# TASK STATEMENT:
Would you print every entry exactly as it appears?
== Segment start ==
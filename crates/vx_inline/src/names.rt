// The values that a graph names.

ghost use Rattle.std.specs.Prelude.{◌≡◌, ◌++◌, IfOk};
ghost use Rattle.std.specs.List.{flat_map};
ghost use Rattle.vx_flow.specs.Effects.{reads, value_in, writes};
ghost use Rattle.vx_flow.specs.Live.{reads_of_exit};
ghost use Rattle.vx_flow.specs.Sound.{results_of_exit};
ghost use Rattle.vx_inline.specs.Inlined.{named_by, names};

use std::alloc::Global;
use vx_base::listed::{Listed, copied};
use vx_base::outcome::NoMemory;
use vx_flow::graph::{Block, Exit, Graph, Op, Operand, Value};
use vx_flow::operands::{push_operand, push_reads, push_value, written_by};

/// The values that a graph names, its parameters first, as often as it names them.
pub(crate) fn names(alloc: Global, graph: &Graph) -> Result<Listed<Value>, NoMemory>
    ensures { IfOk result (λ values. values ≡ names graph.now) }
{
    let mut values = copied(alloc, graph.parameters.as_slice())?;
    push_blocks(&mut values, graph.blocks.as_slice())?;
    Ok(values)
}

fn push_blocks(values: &mut Listed<Value>, blocks: &[Block]) -> Result<(), NoMemory>
    ensures { IfOk result (λ _. values.new ≡ values.old ++ flat_map named_by blocks.now) }
{
    for block in blocks {
        push_block(values, block)?;
    }
    Ok(())
}

fn push_block(values: &mut Listed<Value>, block: &Block) -> Result<(), NoMemory>
    ensures { IfOk result (λ _. values.new ≡ values.old ++ named_by block.now) }
{
    push_ops(values, block.ops.as_slice())?;
    push_exit(values, &block.exit)
}

fn push_ops(values: &mut Listed<Value>, ops: &[Op]) -> Result<(), NoMemory>
    ensures { IfOk result (λ _. values.new ≡ values.old ++ flat_map (λ op. reads op ++ writes op) ops.now) }
{
    for op in ops {
        push_op(values, op)?;
    }
    Ok(())
}

fn push_op(values: &mut Listed<Value>, op: &Op) -> Result<(), NoMemory>
    ensures { IfOk result (λ _. values.new ≡ values.old ++ (reads op.now ++ writes op.now)) }
{
    push_reads(values, op)?;
    push_written(values, op)
}

#[tactic(auto, using(crate::proofs::Named::written_added))]
fn push_written(values: &mut Listed<Value>, op: &Op) -> Result<(), NoMemory>
    ensures { IfOk result (λ _. values.new ≡ values.old ++ writes op.now) }
{
    push_value(values, written_by(op))
}

fn push_exit(values: &mut Listed<Value>, exit: &Exit) -> Result<(), NoMemory>
    ensures { IfOk result (λ _. values.new ≡ values.old ++ (reads_of_exit exit.now ++ results_of_exit exit.now)) }
{
    match exit {
        Exit::Goto(_) | Exit::Ends(_) => Ok(()),
        Exit::Split { test, .. } => push_value(values, Some(*test)),
        Exit::Call {
            arguments,
            result,
            ..
        } => {
            push_operands(values, arguments.as_slice())?;
            match result {
                Some(written) => push_value(values, Some(*written)),
                None => Ok(()),
            }
        }
        Exit::Return(operand) => push_operand(values, operand),
    }
}

/// Adds the values that operands hold.
pub(crate) fn push_operands(
    values: &mut Listed<Value>,
    operands: &[Operand],
) -> Result<(), NoMemory>
    ensures { IfOk result (λ _. values.new ≡ values.old ++ flat_map value_in operands.now) }
{
    for operand in operands {
        push_operand(values, operand)?;
    }
    Ok(())
}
== Segment end ==
# ANSWER BELOW:
filename crates/vx_inline/src/names.rt
// The values that a graph names.

ghost use Rattle.std.specs.Prelude.{◌≡◌, ◌++◌, IfOk};
ghost use Rattle.std.specs.List.{flat_map};
ghost use Rattle.vx_flow.specs.Effects.{reads, value_in, writes};
ghost use Rattle.vx_flow.specs.Live.{reads_of_exit};
ghost use Rattle.vx_flow.specs.Sound.{results_of_exit};
ghost use Rattle.vx_inline.specs.Inlined.{named_by, names};

use std::alloc::Global;
use vx_base::listed::{Listed, copied};
use vx_base::outcome::NoMemory;
use vx_flow::graph::{Block, Exit, Graph, Op, Operand, Value};
use vx_flow::operands::{push_operand, push_reads, push_value, written_by};

/// The values that a graph names, its parameters first, as often as it names them.
pub(crate) fn names(alloc: Global, graph: &Graph) -> Result<Listed<Value>, NoMemory>
    ensures { IfOk result (λ values. values ≡ names graph.now) }
{
    let mut values = copied(alloc, graph.parameters.as_slice())?;
    push_blocks(&mut values, graph.blocks.as_slice())?;
    Ok(values)
}

fn push_blocks(values: &mut Listed<Value>, blocks: &[Block]) -> Result<(), NoMemory>
    ensures { IfOk result (λ _. values.new ≡ values.old ++ flat_map named_by blocks.now) }
{
    for block in blocks {
        push_block(values, block)?;
    }
    Ok(())
}

fn push_block(values: &mut Listed<Value>, block: &Block) -> Result<(), NoMemory>
    ensures { IfOk result (λ _. values.new ≡ values.old ++ named_by block.now) }
{
    push_ops(values, block.ops.as_slice())?;
    push_exit(values, &block.exit)
}

fn push_ops(values: &mut Listed<Value>, ops: &[Op]) -> Result<(), NoMemory>
    ensures { IfOk result (λ _. values.new ≡ values.old ++ flat_map (λ op. reads op ++ writes op) ops.now) }
{
    for op in ops {
        push_op(values, op)?;
    }
    Ok(())
}

fn push_op(values: &mut Listed<Value>, op: &Op) -> Result<(), NoMemory>
    ensures { IfOk result (λ _. values.new ≡ values.old ++ (reads op.now ++ writes op.now)) }
{
    push_reads(values, op)?;
    push_written(values, op)
}

#[tactic(auto, using(crate::proofs::Named::written_added))]
fn push_written(values: &mut Listed<Value>, op: &Op) -> Result<(), NoMemory>
    ensures { IfOk result (λ _. values.new ≡ values.old ++ writes op.now) }
{
    push_value(values, written_by(op))
}

fn push_exit(values: &mut Listed<Value>, exit: &Exit) -> Result<(), NoMemory>
    ensures { IfOk result (λ _. values.new ≡ values.old ++ (reads_of_exit exit.now ++ results_of_exit exit.now)) }
{
    match exit {
        Exit::Goto(_) | Exit::Ends(_) => Ok(()),
        Exit::Split { test, .. } => push_value(values, Some(*test)),
        Exit::Call {
            arguments,
            result,
            ..
        } => {
            push_operands(values, arguments.as_slice())?;
            match result {
                Some(written) => push_value(values, Some(*written)),
                None => Ok(()),
            }
        }
        Exit::Return(operand) => push_operand(values, operand),
    }
}

/// Adds the values that operands hold.
pub(crate) fn push_operands(
    values: &mut Listed<Value>,
    operands: &[Operand],
) -> Result<(), NoMemory>
    ensures { IfOk result (λ _. values.new ≡ values.old ++ flat_map value_in operands.now) }
{
    for operand in operands {
        push_operand(values, operand)?;
    }
    Ok(())
}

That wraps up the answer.